PROBLEM DETAILS:
Among the records, which lines include "sync"? List them.
EXTRACTED ENTRIES Start Marker
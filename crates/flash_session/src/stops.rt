//! A flash that is stopped after so many calls.

ghost use Rattle.std.specs.Prelude.{◌≡◌, ◌-◌, ◌≤◌, nat_lt};
ghost use Rattle.std.specs.Bool.{OnTrue, OnFalse};
ghost use Rattle.flash_session.specs.Contents.{HasRisen};

use crate::flash::{Failed, Flash};
use crate::memory::MemFlash;
use std::marker::Model;

/// Passes the first calls on, and then fails each: nothing reaches the flash inside from then on.
#[derive(Drop)]
pub struct StopFlash {
    flash: MemFlash,
    left: u64,
    failed: u64,
}

impl Model for StopFlash {
    ghost use Rattle.flash_session.specs.Flashes.{Stopping};

    ghost Value = { Stopping };

    ghost view = { λ s. record {
      flash = s.flash;
      left = s.left;
      failed = s.failed;
    } };
}

impl StopFlash {
    /// Makes a flash that passes the first `k` calls on, and fails each call after them.
    pub fn over(flash: MemFlash, k: u64) -> Self
        ensures { result ≡ record { flash = flash; left = k; failed = 0 } }
    {
        StopFlash {
            flash,
            left: k,
            failed: 0,
        }
    }

    /// Returns the flash inside.
    pub fn inner(self) -> MemFlash
        ensures { result ≡ self.flash }
    {
        self.flash
    }
}

/// Whether the next call still passes; counts a fault where it does not.
fn passes(left: &mut u64, failed: &mut u64) -> bool
    ensures last { result ≡ nat_lt 0 left.old }
    ensures left { left.new ≡ left.old - 1 }
    ensures risen { OnFalse result (HasRisen failed.old failed.new) }
    ensures kept { OnTrue result (failed.new ≡ failed.old) }
    ensures later { failed.old ≤ failed.new }
{
    if *left == 0 {
        *failed = failed.saturating_add(1);
        return false;
    }
    *left -= 1;
    true
}

impl Flash for StopFlash {
    ghost use Rattle.std.specs.Prelude.{◌+◌};
    ghost use Rattle.flash_session.specs.Flashes.{IsPassed};
    ghost use Rattle.flash_session.specs.Log.{seen_in};

    ghost seen = { λ s. seen_in s.flash.log s.flash.bytes (s.flash.faults + s.failed) };

    ghost tells = { IsPassed };

    ghost small = { λ s. s.flash.small };

    fn size(&self) -> u32 {
        self.flash.size()
    }

    fn read(&mut self, at: u32, buf: &mut [u8]) -> Result<(), Failed> {
        if !passes(&mut self.left, &mut self.failed) {
            return Err(Failed);
        }
        self.flash.read(at, buf)
    }

    fn write(&mut self, at: u32, piece: &[u8]) -> Result<(), Failed> {
        if !passes(&mut self.left, &mut self.failed) {
            return Err(Failed);
        }
        self.flash.write(at, piece)
    }

    fn fill(&mut self, at: u32, n: u32) -> Result<(), Failed> {
        if !passes(&mut self.left, &mut self.failed) {
            return Err(Failed);
        }
        self.flash.fill(at, n)
    }

    fn sync(&mut self) -> Result<(), Failed> {
        if !passes(&mut self.left, &mut self.failed) {
            return Err(Failed);
        }
        self.flash.sync()
    }
}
EXTRACTED ENTRIES End Marker
YOUR SOLUTION:
    fn sync(&mut self) -> Result<(), Failed> {
        self.flash.sync()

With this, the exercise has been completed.